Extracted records
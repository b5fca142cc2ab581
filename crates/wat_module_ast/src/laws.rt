//! Theorems about the definitions of this crate.
ghost use Rattle.wat_module_ast.specs.Law.{TypesAreThere};

/// Theorem (no effect): each function type that a type use without an index adds is among the types
/// of its module, at its least index.
pub fn types_are_there()
    ensures { TypesAreThere }
{}
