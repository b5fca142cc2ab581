//! Function types, and type uses in instructions.
ghost use Rattle.std.specs.Prelude.{◌≡◌, ◌<◌, ◌^◌, IfOk, IfSome, MatchOption, None, Some, map};
ghost use Rattle.std.specs.Prelude.{slice_get};
ghost use Rattle.wat_module_ast.specs.Types as spec;
ghost use Rattle.wat_module_ast.specs.TypeViews.{type_of, use_of};

use crate::instruction::{ReferenceType, ValueType};
use std::alloc::{AllocError, Global};
use std::marker::Model;

/// A function type.
#[derive(Drop)]
pub struct FunctionType {
    /// Types of the parameters.
    pub params: Vec<ValueType>,
    /// Types of the results.
    pub results: Vec<ValueType>,
}

/// A type use without the names of its parameters.
#[derive(Drop)]
pub enum TypeUse {
    /// Index of the type, if the text has `(type index)`.
    Index(usize),
    /// The type, if the text has no index.
    Inline(FunctionType),
}

/// Boxed type use. Its index, if it has one, is below 2^63, like the index of any item in memory.
#[derive(Drop)]
pub struct BoxedUse {
    uses: Box<TypeUse>,
}

impl Model for BoxedUse {
    ghost use Rattle.wat_module_ast.specs.Types as spec;
    ghost use Rattle.std.specs.Prelude.{◌<◌, ◌^◌};

    ghost Value = { spec.TypeUse };

    ghost use Rattle.wat_module_ast.specs.TypeViews.{use_of};

    ghost view = { λ u. use_of u.uses.value };

    ghost invariant = { λ u. spec.index_or_zero (use_of u.uses.value) < 2 ^ 63 };
}

impl BoxedUse {
    /// Boxes a type use. Its index, if it has one, must be below 2^63.
    pub fn new(alloc: Global, uses: TypeUse) -> Result<BoxedUse, AllocError>
        requires { spec.index_or_zero (use_of uses) < 2 ^ 63 }
        ensures { IfOk result (λ u. u ≡ use_of uses) }
    {
        match Box::new(alloc, uses) {
            Ok(uses) => Ok(BoxedUse { uses }),
            Err(failed) => Err(AllocError::from(failed)),
        }
    }

    /// Returns the type use.
    pub fn uses(&self) -> &TypeUse
        ensures is { use_of result.now ≡ self.now }
        ensures small { spec.index_or_zero (use_of result.now) < 2 ^ 63 }
    {
        &self.uses
    }
}

/// Table index and type use of `call_indirect`.
#[derive(Drop)]
struct Call {
    table: usize,
    uses: TypeUse,
}

/// Boxed immediates of `call_indirect`.
#[derive(Drop)]
pub struct IndirectCall {
    call: Box<Call>,
}

impl Model for IndirectCall {
    ghost use Rattle.wat_module_ast.specs.Types as spec;

    ghost Value = { spec.IndirectCall };

    ghost use Rattle.wat_module_ast.specs.TypeViews.{use_of};

    ghost view = { λ c. spec.indirect_call c.call.value.table (use_of c.call.value.uses) };
}

impl IndirectCall {
    /// Boxes a table index and a type use.
    pub fn new(alloc: Global, table: usize, uses: TypeUse) -> Result<IndirectCall, AllocError>
        ensures { IfOk result (λ c. c ≡ spec.indirect_call table (use_of uses)) }
    {
        match Box::new(alloc, Call { table, uses }) {
            Ok(call) => Ok(IndirectCall { call }),
            Err(failed) => Err(AllocError::from(failed)),
        }
    }

    /// Returns the table index.
    pub fn table(&self) -> usize
        ensures { result ≡ self.now.table }
    {
        self.call.table
    }

    /// Returns the type use.
    pub fn uses(&self) -> &TypeUse
        ensures { use_of result.now ≡ self.now.uses }
    {
        &self.call.uses
    }
}

/// Boxed result types of `select`.
#[derive(Drop)]
pub struct SelectTypes {
    types: Box<Vec<ValueType>>,
}

impl Model for SelectTypes {
    ghost use Rattle.std.specs.Prelude.{List};
    ghost use Rattle.wat_module_ast.specs.declared.instruction.ValueType.{ValueType};

    ghost Value = { List ValueType };

    ghost view = { λ t. t.types.value.items };
}

impl SelectTypes {
    /// Boxes the result types.
    pub fn new(alloc: Global, types: Vec<ValueType>) -> Result<SelectTypes, AllocError>
        ensures { IfOk result (λ t. t ≡ types.items) }
    {
        match Box::new(alloc, types) {
            Ok(types) => Ok(SelectTypes { types }),
            Err(failed) => Err(AllocError::from(failed)),
        }
    }

    /// Returns the result types.
    pub fn types(&self) -> &[ValueType]
        ensures { result.now ≡ self.now }
    {
        &self.types
    }
}

/// Returns the byte that encodes a reference type.
pub fn reference_byte(of: ReferenceType) -> u8
    ensures { result ≡ spec.reference_byte of }
{
    match of {
        ReferenceType::Func => 0x70,
        ReferenceType::Extern => 0x6F,
    }
}

/// Returns the byte that encodes a value type.
pub fn type_byte(of: ValueType) -> u8
    ensures { result ≡ spec.type_byte of }
{
    match of {
        ValueType::I32 => 0x7F,
        ValueType::I64 => 0x7E,
        ValueType::F32 => 0x7D,
        ValueType::F64 => 0x7C,
        ValueType::V128 => 0x7B,
        ValueType::Reference(of) => reference_byte(of),
    }
}

/// Returns `true` if two lists of value types are equal.
fn same_values(some: &[ValueType], others: &[ValueType]) -> bool
    ensures { result ≡ spec.same_values some.now others.now }
{
    if some.len() != others.len() {
        return false;
    }
    for (i, of) in some.iter().enumerate() {
        if *of != others[i] {
            return false;
        }
    }
    true
}

/// Returns `true` if two function types are equal.
pub fn same_type(of: &FunctionType, other: &FunctionType) -> bool
    ensures { result ≡ spec.same_type (type_of of.now) (type_of other.now) }
{
    same_values(&of.params, &other.params) && same_values(&of.results, &other.results)
}

/// Returns a copy of a function type.
pub fn copied(alloc: Global, of: &FunctionType) -> Result<FunctionType, AllocError>
    ensures { IfOk result (λ t. type_of t ≡ type_of of.now) }
{
    let mut params = Vec::new(alloc);
    params.extend_from_slice(&of.params)?;
    let mut results = Vec::new(alloc);
    results.extend_from_slice(&of.results)?;
    Ok(FunctionType { params, results })
}

/// Returns the type at an index, or `None` if the index is out of range.
pub fn type_at_index(types: &[FunctionType], index: usize) -> Option<&FunctionType>
    ensures small { IfSome result (λ _. index < 2 ^ 63) }
    ensures is { MatchOption result
        (slice_get (map type_of types.now) index ≡ None)
        (λ t. slice_get (map type_of types.now) index ≡ Some (type_of t.now)) }
{
    types.get(index)
}
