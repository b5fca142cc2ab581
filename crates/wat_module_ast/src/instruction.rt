//! The syntax tree of instructions.

use crate::branches::BranchTable;
use crate::pairs::IndexPair;
use crate::types::{BoxedUse, IndirectCall, SelectTypes};
use crate::vectors::VectorBytes;

/// A reference type: `funcref` or `externref`.
#[derive(Clone, Copy, PartialEq, Eq)]
pub enum ReferenceType {
    Func,
    Extern,
}

/// A value type: a number type, the vector type, or a reference type.
#[derive(Clone, Copy, PartialEq, Eq)]
pub enum ValueType {
    I32,
    I64,
    F32,
    F64,
    V128,
    Reference(ReferenceType),
}

/// The immediates of an instruction. Those of more than 8 bytes are boxed: a text may have millions
/// of instructions, few of which have such immediates.
#[derive(Drop)]
pub enum Argument {
    /// No immediate.
    Nothing,
    /// Index of an item or a label.
    Index(usize),
    /// Label indices of `br_table`.
    Labels(BranchTable),
    /// Value of `i32.const`.
    I32(i32),
    /// Value of `i64.const`.
    I64(i64),
    /// Bits of a 32-bit float.
    F32(u32),
    /// Bits of a 64-bit float.
    F64(u64),
    /// Table index and type use of `call_indirect`.
    Indirect(IndirectCall),
    /// A block type with at most one result and no type index.
    Block(Option<ValueType>),
    /// A block type that is a type use.
    BlockUse(BoxedUse),
    /// A memory argument: the exponent of its alignment, and its offset.
    Memory(u8, u32),
    /// A zero byte, which the text does not have.
    Zero,
    /// Heap type of `ref.null`.
    HeapType(ReferenceType),
    /// Result types of `select`, if it lists them.
    Select(SelectTypes),
    /// Two zero bytes, which the text does not have.
    Zeros,
    /// An index, and a zero byte after it, which the text does not have.
    IndexZero(usize),
    /// Two indices, in the order of the binary format.
    Pair(IndexPair),
    /// A lane index.
    Lane(u8),
    /// A memory argument, by the exponent of its alignment and its offset, and a lane index.
    MemoryLane(u8, u32, u8),
    /// The 16 bytes of `v128.const` or `i8x16.shuffle`.
    Bytes(VectorBytes),
}

/// Opcode of an instruction in the binary format.
#[derive(Clone, Copy)]
pub enum Opcode {
    /// A single byte.
    Byte(u8),
    /// A prefix byte, and an integer after it, which is encoded in LEB128.
    Prefixed(u8, u8),
}

/// An instruction of the binary format. `else` and `end` are instructions of their own.
#[derive(Drop)]
pub struct Instruction {
    pub opcode: Opcode,
    pub argument: Argument,
}
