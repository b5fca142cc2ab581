//! The function types of a module: those that type fields define, and those that inline type uses
//! add.
ghost use Rattle.std.specs.Prelude.{◌≡◌, ◌∷◌, [], IfOk, OnOk, MatchOption, map};
ghost use Rattle.std.specs.List.{flat_map};
ghost use Rattle.wat_module_ast.specs.Fields as grammar;
ghost use Rattle.wat_module_ast.specs.ImplicitTypes as implicit;
ghost use Rattle.wat_module_ast.specs.Views.{expression_of, field_of, fields_of, expressions_of};
ghost use Rattle.wat_module_ast.specs.Views.{mode_of};
ghost use Rattle.wat_module_ast.specs.Types.{added_types};
ghost use Rattle.wat_module_ast.specs.Uses.{expression_types, instruction_types};
ghost use Rattle.wat_module_ast.specs.TypeViews.{type_of, use_of};

use crate::fields::{ElemMode, Elements, ExternType, Field};
use crate::indexed_types::IndexedTypes;
use crate::instruction::{Argument, Instruction};
use crate::types::{FunctionType, TypeUse, copied};
use std::alloc::{AllocError, Global};

/// Returns the types that type fields define, in the order of the fields.
fn defined_types(alloc: Global, fields: &[Field<'_>]) -> Result<IndexedTypes, AllocError>
    ensures { IfOk result (λ types. types ≡
        map grammar.definition_type (grammar.definitions_of (fields_of fields.now))) }
{
    let mut types = IndexedTypes::none(alloc);
    for field in fields {
        if let Field::Type(definition) = field {
            types.push(copied(alloc, &definition.of)?)?;
        }
    }
    Ok(types)
}

/// Returns the type that a type use adds to the module: its type if it has no index.
fn added_type(uses: &TypeUse) -> Option<&FunctionType>
    ensures { MatchOption result
        (added_types (use_of uses.now) ≡ [])
        (λ t. added_types (use_of uses.now) ≡ type_of t.now ∷ []) }
{
    match uses {
        TypeUse::Index(_) => None,
        TypeUse::Inline(of) => Some(of),
    }
}

/// Returns the type that the type use of an instruction, of `call_indirect` or of a block, adds to
/// the module, or `None` if it adds none.
fn instruction_type(instruction: &Instruction) -> Option<&FunctionType>
    ensures { MatchOption result
        (instruction_types instruction.now ≡ [])
        (λ t. instruction_types instruction.now ≡ type_of t.now ∷ []) }
{
    match &instruction.argument {
        Argument::Indirect(call) => added_type(call.uses()),
        Argument::BlockUse(uses) => added_type(uses.uses()),
        _ => None,
    }
}

/// Adds the types of the inline type uses in `all`, each unless it is among `types` already.
fn add_instructions(types: &mut IndexedTypes, all: &[Instruction]) -> Result<(), AllocError>
    ensures { OnOk result (types.new ≡ implicit.types_after types.old (expression_types all.now)) }
{
    for instruction in all {
        if let Some(of) = instruction_type(instruction) {
            types.add(of)?;
        }
    }
    Ok(())
}

/// Adds the types of the inline type uses in elements, each unless it is among `types` already.
#[tactic(auto, using(crate::proofs::FunctionTypes::functions_bring_none))]
fn add_elements(types: &mut IndexedTypes, elements: &Elements) -> Result<(), AllocError>
    ensures { OnOk result (types.new ≡
        implicit.types_after types.old (flat_map expression_types (expressions_of elements.now))) }
{
    match elements {
        Elements::Functions(_) => Ok(()),
        Elements::Expressions(expressions) => add_expressions(types, expressions),
    }
}

/// Adds the types of the inline type uses in expressions, each unless it is among `types` already.
fn add_expressions(
    types: &mut IndexedTypes,
    expressions: &[Vec<Instruction>],
) -> Result<(), AllocError>
    ensures { OnOk result (types.new ≡
        implicit.types_after types.old
        (flat_map expression_types (map expression_of expressions.now))) }
{
    for expression in expressions {
        add_instructions(types, expression)?;
    }
    Ok(())
}

/// Adds the types of the inline type uses in the offset of an active element segment, each unless
/// it is among `types` already.
fn add_mode(types: &mut IndexedTypes, mode: &ElemMode) -> Result<(), AllocError>
    ensures { OnOk result (types.new ≡
        implicit.types_after types.old (implicit.mode_types (mode_of mode.now))) }
{
    match mode {
        ElemMode::Active(target) => add_instructions(types, &target.offset),
        ElemMode::Passive | ElemMode::Declarative => Ok(()),
    }
}

/// Adds the type of a type use, if the use has no index and the type is not among `types` already.
fn add_use(types: &mut IndexedTypes, uses: &TypeUse) -> Result<(), AllocError>
    ensures { OnOk result (types.new ≡ implicit.types_after types.old
        (added_types (use_of uses.now))) }
{
    if let Some(of) = added_type(uses) {
        types.add(of)?;
    }
    Ok(())
}

/// Adds the types of the inline type uses in a field, each unless it is among `types` already.
fn add_field(types: &mut IndexedTypes, field: &Field<'_>) -> Result<(), AllocError>
    ensures { OnOk result (types.new ≡
        implicit.types_after types.old (implicit.field_types (field_of field.now))) }
{
    match field {
        Field::Func(function) => {
            add_use(types, &function.uses)?;
            add_instructions(types, &function.body)
        }
        Field::Import(import) => match &import.what {
            ExternType::Func(uses) => add_use(types, uses),
            ExternType::Table(_) | ExternType::Memory(_) | ExternType::Global(_) => Ok(()),
        },
        Field::Table(table) => match &table.elements {
            Some(elements) => add_elements(types, elements),
            None => Ok(()),
        },
        Field::Global(global) => add_instructions(types, &global.first),
        Field::Elem(elem) => {
            add_mode(types, &elem.mode)?;
            add_elements(types, &elem.elements)?;
            Ok(())
        }
        Field::Data(data) => match &data.target {
            Some(target) => add_instructions(types, &target.offset),
            None => Ok(()),
        },
        Field::Type(_) | Field::Memory(_) | Field::Export(_) | Field::Start(_) => Ok(()),
    }
}

/// Returns the function types of a module: all types that type fields define, and after them each
/// type of an inline type use that is not among them, once (WebAssembly 2.0, 6.6.3).
#[tactic(auto, unfolding(crate::specs::ImplicitTypes::types_of))]
pub fn types_of(alloc: Global, fields: &[Field<'_>]) -> Result<IndexedTypes, AllocError>
    ensures { IfOk result (λ types. types ≡ implicit.types_of (fields_of fields.now)) }
{
    let mut types = defined_types(alloc, fields)?;
    for field in fields {
        add_field(&mut types, field)?;
    }
    Ok(types)
}
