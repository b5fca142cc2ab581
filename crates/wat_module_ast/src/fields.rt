//! The fields of a module, as the parser returns them. References to items are indices, not
//! identifiers.
ghost use Rattle.std.specs.Prelude.{◌≡◌, ◌<◌, ◌≤◌, ◌^◌, length, IfErr, IfOk};
ghost use Rattle.wat_module_ast.specs.Views.{together, expressions_of};

use crate::instruction::{Instruction, ReferenceType, ValueType};
use crate::types::{FunctionType, TypeUse};
use std::alloc::AllocError;
use wat_module_tokens::token::Name;

/// A type definition.
#[derive(Drop)]
pub struct Definition<'p> {
    /// Identifier of the type, if given.
    pub name: Name<'p>,
    /// The defined function type.
    pub of: FunctionType,
}

/// A run of `count` consecutive locals of one type.
#[derive(Clone, Copy)]
pub struct Locals {
    /// Number of locals.
    pub count: usize,
    /// Type of each local.
    pub of: ValueType,
}

/// An entry of a name map: an index, and the identifier of the item with this index.
#[derive(Clone, Copy)]
pub struct NameAssociation<'p> {
    /// Index of the item.
    pub index: usize,
    /// Identifier of the item, without `$`.
    pub name: &'p str,
}

/// A function definition. The body refers to parameters, locals and labels by index.
#[derive(Drop)]
pub struct Function<'p> {
    /// Identifier of the function, if given.
    pub name: Name<'p>,
    /// Names of the inline exports.
    pub exports: Vec<&'p [u8]>,
    /// Type of the function.
    pub uses: TypeUse,
    /// Locals, without the parameters.
    pub locals: Vec<Locals>,
    /// Instructions, without the final `end`.
    pub body: Vec<Instruction>,
    /// Identifiers of the parameters and locals that have one, by their indices.
    pub local_names: Vec<NameAssociation<'p>>,
    /// Identifiers of the labels that have one, by their indices. The labels are those of `block`,
    /// `loop` and `if`, in the order of these instructions.
    pub label_names: Vec<NameAssociation<'p>>,
}

/// An index space whose items can be imported and exported.
#[derive(Clone, Copy)]
pub enum IndexSpace {
    Func,
    Table,
    Mem,
    Global,
}

/// The size limits of a memory, in pages, or of a table, in elements.
#[derive(Clone, Copy)]
pub struct Limits {
    /// Minimum size.
    pub min: u32,
    /// Maximum size, if given.
    pub max: Option<u32>,
}

/// The type of a table.
#[derive(Clone, Copy)]
pub struct TableType {
    /// Size limits, in elements.
    pub limits: Limits,
    /// Reference type of the elements.
    pub element: ReferenceType,
}

/// The type of a global.
#[derive(Clone, Copy)]
pub struct GlobalType {
    /// `true` if the global is mutable.
    pub is_mutable: bool,
    /// Type of the value.
    pub value: ValueType,
}

/// The elements of an element segment or of a table's inline segment.
#[derive(Drop)]
pub enum Elements {
    /// Function indices, each an abbreviation of the expression that is one `ref.func`.
    Functions(Vec<usize>),
    /// Expressions, each by its instructions, without the final `end`.
    Expressions(Vec<Vec<Instruction>>),
}

impl Elements {
    /// Returns the number of elements.
    pub fn len(&self) -> usize
        ensures is { result ≡ length (expressions_of self.now) }
        ensures small { result < 2 ^ 63 }
    {
        match self {
            Elements::Functions(functions) => functions.len(),
            Elements::Expressions(expressions) => expressions.len(),
        }
    }
}

/// A table definition.
#[derive(Drop)]
pub struct Table<'p> {
    /// Identifier of the table, if given.
    pub name: Name<'p>,
    /// Names of the inline exports.
    pub exports: Vec<&'p [u8]>,
    /// Type of the table.
    pub of: TableType,
    /// Elements of the inline element segment, if there is one.
    pub elements: Option<Elements>,
}

/// A memory definition.
#[derive(Drop)]
pub struct Memory<'p> {
    /// Identifier of the memory, if given.
    pub name: Name<'p>,
    /// Names of the inline exports.
    pub exports: Vec<&'p [u8]>,
    /// Size limits, in pages of 64 KiB.
    pub limits: Limits,
    /// Strings of the inline data segment, if there is one.
    pub data: Option<Vec<&'p [u8]>>,
}

/// The destination of an active segment.
#[derive(Drop)]
pub struct Target {
    /// Index of the memory or table.
    pub index: usize,
    /// Instructions of the offset expression, without the final `end`.
    pub offset: Vec<Instruction>,
}

/// The mode of an element segment.
#[derive(Drop)]
pub enum ElemMode {
    /// Elements that `table.init` copies.
    Passive,
    /// Elements that instantiation copies to this destination.
    Active(Target),
    /// Elements that only declare the functions to which `ref.func` may refer.
    Declarative,
}

/// An element segment.
#[derive(Drop)]
pub struct Elem<'p> {
    /// Identifier of the segment, if given.
    pub name: Name<'p>,
    /// Mode of the segment.
    pub mode: ElemMode,
    /// Reference type of the elements.
    pub of: ReferenceType,
    /// Elements of the segment.
    pub elements: Elements,
}

/// A data segment.
#[derive(Drop)]
pub struct Data<'p> {
    /// Identifier of the segment, if given.
    pub name: Name<'p>,
    /// Destination of an active segment; `None` if the segment is passive.
    pub target: Option<Target>,
    /// Strings whose concatenation is the content of the segment.
    pub strings: Vec<&'p [u8]>,
}

/// Maximum length of a slice, in bytes.
const MAX_SLICE_LEN: usize = isize::MAX as usize;

/// Returns the total length of the strings, in bytes.
///
/// # Errors
///
/// Returns an allocation failure if the total exceeds `isize::MAX`, the maximum length of a `Vec`.
pub fn len_of(strings: &[&[u8]]) -> Result<usize, AllocError>
    ensures is { IfOk result (λ len. len ≡ length (together strings.now)) }
    ensures small { IfOk result (λ len. len < 2 ^ 63) }
    ensures refused { IfErr result (λ e. 2 ^ 63 ≤ length (together strings.now)) }
{
    let mut len = 0;
    for string in strings {
        len += string.len();
        if len > MAX_SLICE_LEN {
            return Err(AllocError);
        }
    }
    Ok(len)
}

/// A global definition.
#[derive(Drop)]
pub struct GlobalVariable<'p> {
    /// Identifier of the global, if given.
    pub name: Name<'p>,
    /// Names of the inline exports.
    pub exports: Vec<&'p [u8]>,
    /// Type of the global.
    pub of: GlobalType,
    /// Instructions of the initial value, without the final `end`.
    pub first: Vec<Instruction>,
}

/// The type of an imported item.
#[derive(Drop)]
pub enum ExternType {
    Func(TypeUse),
    Table(TableType),
    Memory(Limits),
    Global(GlobalType),
}

/// An import.
#[derive(Drop)]
pub struct Import<'p> {
    /// Name of the module that provides the item.
    pub from: &'p [u8],
    /// Name of the item in that module.
    pub item: &'p [u8],
    /// Identifier of the item in this module, if given.
    pub name: Name<'p>,
    /// Names of the inline exports, if this is an inline import.
    pub exports: Vec<&'p [u8]>,
    /// Type of the item.
    pub what: ExternType,
}

/// An export of an item.
#[derive(Clone, Copy)]
pub struct Export<'p> {
    /// Name of the export.
    pub name: &'p [u8],
    /// Index space of the item.
    pub space: IndexSpace,
    /// Index of the item.
    pub index: usize,
}

/// A field of a module.
#[derive(Drop)]
pub enum Field<'p> {
    Type(Definition<'p>),
    Import(Import<'p>),
    Func(Function<'p>),
    Table(Table<'p>),
    Memory(Memory<'p>),
    Global(GlobalVariable<'p>),
    Export(Export<'p>),
    /// The start function, by its index.
    Start(usize),
    Data(Data<'p>),
    Elem(Elem<'p>),
}
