//! Immediates of vector instructions.
ghost use Rattle.std.specs.Prelude.{◌≡◌, IfOk};

use std::alloc::{AllocError, AllocFailed, Global};
use std::marker::Model;

/// Type of a vector's lanes: integers or floats of 8 to 64 bits.
#[derive(Clone, Copy)]
pub enum Lane {
    I8,
    I16,
    I32,
    I64,
    F32,
    F64,
}

/// Boxed bytes of a vector.
#[derive(Drop)]
pub struct VectorBytes {
    bytes: Box<Vec<u8>>,
}

impl Model for VectorBytes {
    ghost use Rattle.std.specs.Prelude.{ℕ, List};

    ghost Value = { List ℕ };

    ghost view = { λ v. v.bytes.value.items };
}

impl VectorBytes {
    /// Boxes the bytes of a vector.
    pub fn new(alloc: Global, bytes: Vec<u8>) -> Result<VectorBytes, AllocError>
        ensures { IfOk result (λ v. v ≡ bytes.items) }
    {
        match Box::new(alloc, bytes) {
            Ok(bytes) => Ok(VectorBytes { bytes }),
            Err(failed) => Err(AllocError::from(failed)),
        }
    }

    /// Returns the bytes of the vector.
    pub fn bytes(&self) -> &[u8]
        ensures { result.now ≡ self.now }
    {
        &self.bytes
    }
}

Assignment
Restate verbatim the first line above and all lines after it through the line containing "impl Model for BoxedUse"; omit the rest.

Finished exercise
repository b5fca142cc2ab581
filename crates/wat_module_ast/src/laws.rt
//! Theorems about the definitions of this crate.
ghost use Rattle.wat_module_ast.specs.Law.{TypesAreThere};

/// Theorem (no effect): each function type that a type use without an index adds is among the types
/// of its module, at its least index.
pub fn types_are_there()
    ensures { TypesAreThere }
{}
repository b5fca142cc2ab581
//! Function types, and type uses in instructions.
ghost use Rattle.std.specs.Prelude.{◌≡◌, ◌<◌, ◌^◌, IfOk, IfSome, MatchOption, None, Some, map};
ghost use Rattle.std.specs.Prelude.{slice_get};
ghost use Rattle.wat_module_ast.specs.Types as spec;
ghost use Rattle.wat_module_ast.specs.TypeViews.{type_of, use_of};

use crate::instruction::{ReferenceType, ValueType};
use std::alloc::{AllocError, Global};
use std::marker::Model;

/// A function type.
#[derive(Drop)]
pub struct FunctionType {
    /// Types of the parameters.
    pub params: Vec<ValueType>,
    /// Types of the results.
    pub results: Vec<ValueType>,
}

/// A type use without the names of its parameters.
#[derive(Drop)]
pub enum TypeUse {
    /// Index of the type, if the text has `(type index)`.
    Index(usize),
    /// The type, if the text has no index.
    Inline(FunctionType),
}

/// Boxed type use. Its index, if it has one, is below 2^63, like the index of any item in memory.
#[derive(Drop)]
pub struct BoxedUse {
    uses: Box<TypeUse>,
}

impl Model for BoxedUse {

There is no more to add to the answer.